The problem:
Write out the entries below once more, exactly.
=== Exercise material ===
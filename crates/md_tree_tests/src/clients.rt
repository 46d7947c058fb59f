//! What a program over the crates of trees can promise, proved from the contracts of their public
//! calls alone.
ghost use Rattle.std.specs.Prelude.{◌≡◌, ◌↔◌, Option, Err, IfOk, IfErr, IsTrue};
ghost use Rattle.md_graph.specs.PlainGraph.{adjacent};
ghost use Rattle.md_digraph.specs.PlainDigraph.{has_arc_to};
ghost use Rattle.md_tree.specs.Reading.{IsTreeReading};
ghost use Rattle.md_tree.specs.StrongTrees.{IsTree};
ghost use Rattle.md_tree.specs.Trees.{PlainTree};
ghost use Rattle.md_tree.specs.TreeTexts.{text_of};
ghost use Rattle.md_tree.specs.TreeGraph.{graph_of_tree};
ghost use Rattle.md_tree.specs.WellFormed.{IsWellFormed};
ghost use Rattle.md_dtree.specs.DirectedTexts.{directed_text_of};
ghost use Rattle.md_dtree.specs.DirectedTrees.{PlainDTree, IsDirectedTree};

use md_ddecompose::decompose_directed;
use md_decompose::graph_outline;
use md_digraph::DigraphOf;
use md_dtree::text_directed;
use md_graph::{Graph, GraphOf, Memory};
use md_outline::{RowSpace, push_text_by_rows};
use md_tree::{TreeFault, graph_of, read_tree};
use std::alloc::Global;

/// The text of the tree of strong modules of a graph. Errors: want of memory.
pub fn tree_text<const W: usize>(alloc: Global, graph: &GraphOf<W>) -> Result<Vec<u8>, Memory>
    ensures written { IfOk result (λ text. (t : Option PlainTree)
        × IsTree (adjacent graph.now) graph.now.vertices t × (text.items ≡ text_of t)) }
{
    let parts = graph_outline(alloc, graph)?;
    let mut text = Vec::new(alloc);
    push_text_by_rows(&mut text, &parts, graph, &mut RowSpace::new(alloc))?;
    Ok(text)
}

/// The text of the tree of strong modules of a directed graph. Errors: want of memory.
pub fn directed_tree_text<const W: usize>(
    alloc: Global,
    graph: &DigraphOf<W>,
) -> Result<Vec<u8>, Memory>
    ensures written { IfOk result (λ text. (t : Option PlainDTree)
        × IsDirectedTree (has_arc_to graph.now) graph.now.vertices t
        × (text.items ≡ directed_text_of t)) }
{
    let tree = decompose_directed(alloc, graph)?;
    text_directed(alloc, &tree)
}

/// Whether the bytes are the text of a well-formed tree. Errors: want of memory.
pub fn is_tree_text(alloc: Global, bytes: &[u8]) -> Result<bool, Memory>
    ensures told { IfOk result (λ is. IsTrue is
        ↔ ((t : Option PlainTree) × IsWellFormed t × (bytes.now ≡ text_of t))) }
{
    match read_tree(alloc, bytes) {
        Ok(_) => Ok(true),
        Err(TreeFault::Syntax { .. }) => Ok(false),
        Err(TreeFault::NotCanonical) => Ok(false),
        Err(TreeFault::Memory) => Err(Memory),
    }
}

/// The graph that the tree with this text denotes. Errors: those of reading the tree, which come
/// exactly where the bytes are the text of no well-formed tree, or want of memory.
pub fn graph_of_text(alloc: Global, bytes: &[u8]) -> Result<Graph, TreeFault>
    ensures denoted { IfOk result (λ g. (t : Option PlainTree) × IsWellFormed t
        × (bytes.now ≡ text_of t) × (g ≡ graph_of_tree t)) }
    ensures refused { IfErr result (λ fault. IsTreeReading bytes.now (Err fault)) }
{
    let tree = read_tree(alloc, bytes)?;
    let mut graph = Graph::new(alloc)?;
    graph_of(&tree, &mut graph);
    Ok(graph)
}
===
Result of the exercise:
filename crates/md_tree_tests/src/clients.rt
repository 46d7947c058fb59f
//! What a program over the crates of trees can promise, proved from the contracts of their public
//! calls alone.
ghost use Rattle.std.specs.Prelude.{◌≡◌, ◌↔◌, Option, Err, IfOk, IfErr, IsTrue};
ghost use Rattle.md_graph.specs.PlainGraph.{adjacent};
ghost use Rattle.md_digraph.specs.PlainDigraph.{has_arc_to};
ghost use Rattle.md_tree.specs.Reading.{IsTreeReading};
ghost use Rattle.md_tree.specs.StrongTrees.{IsTree};
ghost use Rattle.md_tree.specs.Trees.{PlainTree};
ghost use Rattle.md_tree.specs.TreeTexts.{text_of};
ghost use Rattle.md_tree.specs.TreeGraph.{graph_of_tree};
ghost use Rattle.md_tree.specs.WellFormed.{IsWellFormed};
ghost use Rattle.md_dtree.specs.DirectedTexts.{directed_text_of};
ghost use Rattle.md_dtree.specs.DirectedTrees.{PlainDTree, IsDirectedTree};

use md_ddecompose::decompose_directed;
use md_decompose::graph_outline;
use md_digraph::DigraphOf;
use md_dtree::text_directed;
use md_graph::{Graph, GraphOf, Memory};
use md_outline::{RowSpace, push_text_by_rows};
use md_tree::{TreeFault, graph_of, read_tree};
use std::alloc::Global;

/// The text of the tree of strong modules of a graph. Errors: want of memory.
pub fn tree_text<const W: usize>(alloc: Global, graph: &GraphOf<W>) -> Result<Vec<u8>, Memory>
    ensures written { IfOk result (λ text. (t : Option PlainTree)
        × IsTree (adjacent graph.now) graph.now.vertices t × (text.items ≡ text_of t)) }
{
    let parts = graph_outline(alloc, graph)?;
    let mut text = Vec::new(alloc);
    push_text_by_rows(&mut text, &parts, graph, &mut RowSpace::new(alloc))?;
    Ok(text)
}

/// The text of the tree of strong modules of a directed graph. Errors: want of memory.
pub fn directed_tree_text<const W: usize>(
    alloc: Global,
    graph: &DigraphOf<W>,
) -> Result<Vec<u8>, Memory>
    ensures written { IfOk result (λ text. (t : Option PlainDTree)
        × IsDirectedTree (has_arc_to graph.now) graph.now.vertices t
        × (text.items ≡ directed_text_of t)) }
{
    let tree = decompose_directed(alloc, graph)?;
    text_directed(alloc, &tree)
}

/// Whether the bytes are the text of a well-formed tree. Errors: want of memory.
pub fn is_tree_text(alloc: Global, bytes: &[u8]) -> Result<bool, Memory>
    ensures told { IfOk result (λ is. IsTrue is
        ↔ ((t : Option PlainTree) × IsWellFormed t × (bytes.now ≡ text_of t))) }
{
    match read_tree(alloc, bytes) {
        Ok(_) => Ok(true),
        Err(TreeFault::Syntax { .. }) => Ok(false),
        Err(TreeFault::NotCanonical) => Ok(false),
        Err(TreeFault::Memory) => Err(Memory),
    }
}

/// The graph that the tree with this text denotes. Errors: those of reading the tree, which come
/// exactly where the bytes are the text of no well-formed tree, or want of memory.
pub fn graph_of_text(alloc: Global, bytes: &[u8]) -> Result<Graph, TreeFault>
    ensures denoted { IfOk result (λ g. (t : Option PlainTree) × IsWellFormed t
        × (bytes.now ≡ text_of t) × (g ≡ graph_of_tree t)) }
    ensures refused { IfErr result (λ fault. IsTreeReading bytes.now (Err fault)) }
{
    let tree = read_tree(alloc, bytes)?;
    let mut graph = Graph::new(alloc)?;
    graph_of(&tree, &mut graph);
    Ok(graph)
}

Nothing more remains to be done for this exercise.